Стэнли-Бейкер Джоан. Искусство Японии. М., 2002.
Глава 7. Искусство каллиграфии в дальневосточной традиции
Сущность каллиграфии как искусства
Дальневосточная каллиграфия – не просто система письма, это один из ведущих видов искусства, обладающий своим, глубинным смыслом. Восприятие каллиграфии требует определенного уровня интеллектуальной и духовной культуры; в каллиграфическом языке важен не только смысл написанного и то, как написано. В каллиграфии соединяются глубинный, внутренний смысл и визуальная символика. Дело в том, что китайские и японские иероглифы, помимо информационной функции, выполняют множество других задач.
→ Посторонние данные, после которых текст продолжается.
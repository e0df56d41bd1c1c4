//! Why an event is not served, or a call of a chassis on one thread is refused.

use thiserror::Error;

/// Why a desk serves no event. The first that applies is told: `NoPort`, `JournalFull`, `OutOfMemory`. Nothing changes.
#[derive(Clone, Copy, Debug, PartialEq, Eq, Error)]
pub enum ApplyFault {
    /// There is no such port.
    #[error("no such port")]
    NoPort,
    /// The allocator refused memory for an entry of the journal.
    #[error("out of memory")]
    OutOfMemory,
    /// The journal of the port keeps as many entries as it may.
    #[error("journal full")]
    JournalFull,
}

/// Why a chassis on one thread refuses a call. The first that applies is told: `NoActor`, `NoPort`, `JournalFull`,
/// `OutOfMemory`. Nothing changes.
#[derive(Clone, Copy, Debug, PartialEq, Eq, Error)]
pub enum CoreFault {
    /// There are no more than 64 actors, 0 to 63.
    #[error("no such actor")]
    NoActor,
    /// There is no such port.
    #[error("no such port")]
    NoPort,
    /// The allocator refused memory for an entry of the journal, or for an image of the port.
    #[error("out of memory")]
    OutOfMemory,
    /// The journal of the port keeps as many entries as it may.
    #[error("journal full")]
    JournalFull,
}
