//! The ONU-IDs of a port: each is free, leased, settled or in quarantine. A lease is no `Drop`: it goes back to the
//! pool, where its number begins to cool, or is settled there.
ghost use Rattle.std.specs.Prelude.{◌≡◌, ℕ, ◌≤◌, ◌↔◌, IsTrue, IsNone, IfNone, IfSome, is_some};
ghost use Rattle.std.specs.FinMap as map;
ghost use Rattle.gp_ploam.specs.OnuIds.{last_onu, onu_ids};
ghost use Rattle.gp_pools.specs.Pool.{IsLeased, IsSettled, IsSound};
ghost use Rattle.gp_pools.specs.Limits.{max_quarantine};
ghost use Rattle.gp_pools.specs.Onu.{IsApart, IsFreeOnu, NoneIsFree, SomeIsFree, fresh_onu_pool, onus_after_frame, onus_with_lease, onus_with_lease_again, onus_with_settled, onus_without_lease};

use super::cooling::Cooling;
use super::number_pool::NumberPool;
use gp_linear::NeverDropped;
use gp_ploam::LAST_ONU;
use std::marker::Model;

/// A leased ONU-ID. It is no `Drop`: it goes back to its pool, or is settled there.
pub struct OnuLease {
    pub(super) number: u8,
}

impl NeverDropped for OnuLease {}

impl Model for OnuLease {
    ghost use Rattle.std.specs.Prelude.{ℕ, ◌≤◌};
    ghost use Rattle.gp_ploam.specs.OnuIds.{last_onu};

    ghost Value = { ℕ };

    ghost view = { λ lease. lease.number };

    ghost invariant = { λ lease. lease.number ≤ last_onu };
}

impl OnuLease {
    /// Tells the ONU-ID, 0 to 253.
    pub fn number(&self) -> u8
        ensures number { result ≡ self.now }
        ensures to { result ≤ last_onu }
    {
        self.number
    }
}

/// The ONU-IDs of a port, 0 to 253. Contracts see which are leased and which are settled, both of which are out, and
/// which were freed and are in quarantine, for how many frames more.
#[derive(Drop)]
pub struct OnuIds {
    pub(super) pool: NumberPool<0, 4>,
    pub(super) cooling: Cooling,
}

impl Model for OnuIds {
    ghost use Rattle.std.specs.Prelude.{◌≡◌};
    ghost use Rattle.gp_ploam.specs.OnuIds.{last_onu};
    ghost use Rattle.gp_pools.specs.Onu.{OnuPool, onu_pool_code, IsApart};

    ghost Value = { OnuPool };

    ghost coded = { onu_pool_code };

    ghost view = { λ ids. record { pool = ids.pool; quarantine = ids.cooling } };

    ghost invariant = { λ ids. (ids.pool.first ≡ 0) × (ids.pool.last ≡ last_onu)
        × IsApart (record { pool = ids.pool; quarantine = ids.cooling }) };
}

impl OnuIds {
    /// Makes the pool of all ONU-IDs, of which at most `max_units` may be out. One that is given back cools for
    /// `quarantine` frames, 0 to 8000.
    pub fn new(max_units: u8, quarantine: u16) -> OnuIds
        requires units { max_units ≤ onu_ids }
        requires frames { quarantine ≤ max_quarantine }
        ensures { result ≡ fresh_onu_pool max_units quarantine }
    {
        OnuIds {
            pool: NumberPool::new(u16::from(LAST_ONU), u16::from(max_units)),
            cooling: Cooling::new(quarantine),
        }
    }

    /// Leases an ONU-ID that is not out and does not cool; which one is not promised. None exactly where there is none,
    /// or as many are out as may be.
    pub fn take(&mut self) -> Option<OnuLease>
        ensures none { IsNone result ↔ NoneIsFree self.old }
        ensures unchanged { IfNone result (self.new ≡ self.old) }
        ensures free { IfSome result (IsFreeOnu self.old) }
        ensures lease { IfSome result (λ number. self.new ≡ onus_with_lease self.old number) }
        ensures leased { IfSome result (IsLeased self.new.pool) }
    {
        let number = self.pool.least_free(self.cooling.members())?;
        self.pool.lease(number);
        Some(OnuLease {
            number: number as u8,
        })
    }

    /// Tells whether `take` would lease a number. It takes none, so nothing has to be given back and cool.
    pub fn any_free(&self) -> bool
        ensures { IsTrue result ↔ SomeIsFree self.now }
    {
        self.pool.least_free(self.cooling.members()).is_some()
    }

    /// Takes back a lease of this pool: its number is not out any more, and begins to cool. A lease doesn't name its
    /// pool; that it is not of another port's pool is for the caller to see to.
    pub fn give_back(&mut self, lease: OnuLease)
        requires { IsLeased self.old.pool lease }
        ensures { self.new ≡ onus_without_lease self.old lease }
    {
        let OnuLease { number } = lease;
        self.pool.give_back(u16::from(number));
        self.cooling.begin(u16::from(number));
    }

    /// Lets a frame go by: each cooling number has a frame less, and leaves at 0. Where none leaves none is looked at.
    pub fn tick(&mut self)
        ensures { self.new ≡ onus_after_frame self.old }
    {
        self.cooling.tick();
    }

    /// Tells whether the ONU-ID was given back fewer frames ago than the quarantine has.
    pub fn is_cooling(&self, number: u8) -> bool
        ensures { result ≡ is_some (map.get self.now.quarantine.cooling number) }
    {
        self.cooling.members().contains(u16::from(number))
    }

    /// Tells whether the ONU-ID is one that a unit may get, 0 to 253, is not out and does not cool. `take` may be
    /// None all the same, where as many as may be are out.
    pub fn is_free(&self, number: u8) -> bool
        ensures free { IsTrue result ↔ IsFreeOnu self.now number }
        ensures sound { IsSound self.now.pool }
        ensures apart { IsApart self.now }
    {
        self.pool.is_free(u16::from(number)) && !self.is_cooling(number)
    }

    /// Settles an ONU-ID that is leased from this pool: it stays out, and the plain number stands for it until it is
    /// leased again.
    pub fn settle(&mut self, lease: OnuLease) -> u8
        requires { IsLeased self.old.pool lease }
        ensures number { result ≡ lease }
        ensures pool { self.new ≡ onus_with_settled self.old lease }
        ensures settled { IsSettled self.new.pool result }
    {
        let OnuLease { number } = lease;
        self.pool.settle(u16::from(number));
        number
    }

    /// Leases a settled ONU-ID again; it is settled no more.
    pub fn lease_of(&mut self, number: u8) -> OnuLease
        requires { IsSettled self.old.pool number }
        ensures number { result ≡ number }
        ensures pool { self.new ≡ onus_with_lease_again self.old number }
        ensures leased { IsLeased self.new.pool number }
    {
        self.pool.lease_again(u16::from(number));
        OnuLease { number }
    }
}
Опытный каллиграф несколькими движениями кисти может вызвать эмоциональный образ передаваемого предмета, передать свое мимолетное ощущение и даже особый «аромат» времени, легким намеком создать ассоциативную связь, подключающую каллиграфический текст к целой цепи разновременных параллелей.
Китайская иероглифическая письменность, сформировавшаяся более трех тысячелетий назад, оказала огромное влияние на письменность соседних стран. Искусство каллиграфии было привезено в Японию вместе с китайской письменностью в V веке н. э. Развитию японской живописи и каллиграфии способствовали контакты с континентом, откуда в начале VII века было заимствовано искусство изготовления красок, бумаги и туши.
В Японии каллиграфия (сёдо) считается одним из видов изящных искусств. Благоговейное отношение к каллиграфии в Японии, по сути, является, как полагают, отражением ее статуса в Китае.
Значительный вклад в эволюцию каллиграфии эпохи Хэйан, в осознание ее как эстетической категории внес монах Кукай (774–835). Он и его современники – император Сага (786–842) и придворный Татибана-но Хаямари (ум. 842) – запомнились следующим поколениям как Сампицу («Три кисти»).
В тот же период произошел переход от жесткого копирования китайских стилей каллиграфии к ее творческой ассимиляции и включению ее в японскую культуру.
Концепции каллиграфических стилей, как Китая, так и Японии, строились на представлении о том, что написанный текст должен доставлять эстетическое наслаждение. Красота – одна из важнейших составляющих каллиграфии как искусства. Именно красота во многом определила особый статус каллиграфии в системе видов искусств, обусловив появление своего рода культа каллиграфии.
Необходимо также отметить, что каллиграфия как искусство формировалась и развивалась на основе традиций, знание которых необходимо как мастеру, так и читателю-зрителю.
Стилистические изменения в каллиграфии от эпохи к эпохе были связаны главным образом с изменениями в композиции иероглифа. И китайские каллиграфы эпохи Хань, и танский каллиграф Оуян Сюнь, и сунский мастер Ми Фу, и юаньский Чжао Мэнфу – все они, стремясь к усовершенствованию классических стилей, прежде всего вносили новое в композицию.